» Directions for this task
Whenever a line of the material contains the string "Model", it should be copied.

» Material for this task
—————

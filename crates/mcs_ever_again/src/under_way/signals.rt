ghost use Rattle.std.specs.Prelude.{◌≡◌, ℕ, ◌^◌, ◌≤◌, [], ◌∷◌, ◌++◌, List, filter, IfOk, IsTrue, ◌↔◌, OnOk, OnErr};
ghost use Rattle.mcs_ticks.specs.declared.row.Row.{Row as TheRow};
ghost use Rattle.mcs_system.specs.System.{System as TheSystem};
ghost use Rattle.mcs_system.specs.WellFormed.{IsWellFormed};
ghost use Rattle.mcs_core.specs.Clock.{clock, world};
ghost use Rattle.mcs_ever_again.specs.UnderWay.{told_mails, arrives_from, can_arrive, under_way};
ghost use Rattle.mcs_ever_again.specs.Group.{AreLater};

use crate::under_way::later::{are_later, may_be_later};
use crate::under_way::store::Store;
use crate::under_way::told::mail_of;
use mcs_system::System;
use mcs_ticks::{Limits, NoMemory, Row, Tick};
use std::alloc::Global;
use std::marker::Model;

/// The signals under way between the cores of a system, in the order in which they were made.
/// Contracts see the list. One that is forgotten may stay stored for a while, so that each signal
/// takes constant time, however many are under way.
#[derive(Debug, Drop)]
pub struct UnderWay {
    store: Store,
}

impl Model for UnderWay {
    ghost use Rattle.std.specs.Prelude.{List};
    ghost use Rattle.mcs_mail.specs.declared.mail.Mail.{Mail};

    ghost Value = { List Mail };

    ghost use Rattle.mcs_ever_again.specs.stored.Store.{left};

    ghost view = { λ a. left a.store };
}

impl UnderWay {
    /// Returns the list before the first row, without a signal. Allocates no memory.
    pub fn new(alloc: Global) -> Self
        ensures { result ≡ [] }
    {
        UnderWay {
            store: Store::new(alloc),
        }
    }

    /// Adds a row of a run of the system. A signal for a notification of another core is under way
    /// from then on. A signal that would arrive after 2^42 is left out; a run up to the maximum
    /// horizon has none. Fails only if memory runs out; nothing changes then.
    pub fn see(&mut self, system: &System, row: &Row) -> Result<(), NoMemory>
        ensures joined { OnOk result (self.new ≡ self.old ++ filter can_arrive (told_mails system.now (row.now ∷ []))) }
        ensures unchanged { OnErr result (self.new ≡ self.old) }
        ensures told { OnOk result ((t : ℕ) (past : List TheRow) → self.old ≡ under_way system.now t past → t ≤ row.now.moment →
            row.now.moment ≤ 2 ^ 40 → self.new ≡ under_way system.now t (past ++ row.now ∷ [])) }
    {
        // the system is well formed, so no signal of a run is under way for too long
        let _parts = system.parts();
        if let Some(mail) = mail_of(system, row) {
            self.store.put(mail)?;
        }
        Ok(())
    }

    /// Removes the signals that arrive before the moment, since a turn took them. The others keep
    /// their order. Allocates no memory.
    pub fn forget_before(&mut self, t: Tick)
        ensures left { self.new ≡ filter (arrives_from t) self.old }
        ensures told { (system : TheSystem) (before : ℕ) (past : List TheRow) → before ≤ t → self.old ≡ under_way system before past →
            self.new ≡ under_way system t past }
        ensures clock { (system : TheSystem) (before : ℕ) → IsWellFormed system → before ≤ t →
            self.old ≡ under_way system before (clock system t).rows → self.new ≡ (world system t).mails }
    {
        self.store.forget_before(t);
    }

    /// Whether no signal is under way.
    pub fn is_empty(&self) -> bool
        ensures { IsTrue result ↔ (self.now ≡ []) }
    {
        self.store.is_empty()
    }

    /// Returns a copy of the list. Fails only if memory runs out.
    pub fn copied(&self, alloc: Global) -> Result<Self, NoMemory>
        ensures { IfOk result (λ copy. copy ≡ self.now) }
    {
        Ok(UnderWay {
            store: self.store.copied(alloc)?,
        })
    }

    /// Whether the signals for a group of cores are the earlier ones, `by` ticks later: each at its
    /// place, with the same maker, notification and badge. The group has a yes or a no for each
    /// core.
    pub fn is_later(
        &self,
        system: &System,
        group: &[bool; Limits::CORES],
        by: u64,
        before: &UnderWay,
    ) -> bool
        ensures { IsTrue result ↔ AreLater system.now group.now by before.now self.now }
    {
        are_later(system, group, by, &before.store, &self.store)
    }

    /// Whether the signals for a group of cores may be the earlier ones, `by` ticks later. If not,
    /// they are not. A test that takes constant time, however many are under way.
    pub fn may_be_later(
        &self,
        system: &System,
        group: &[bool; Limits::CORES],
        by: u64,
        before: &UnderWay,
    ) -> bool
        ensures { AreLater system.now group.now by before.now self.now → IsTrue result }
    {
        may_be_later(system, group, by, &before.store, &self.store)
    }
}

—————

» Answer to this problem
use std::marker::Model;
impl Model for UnderWay {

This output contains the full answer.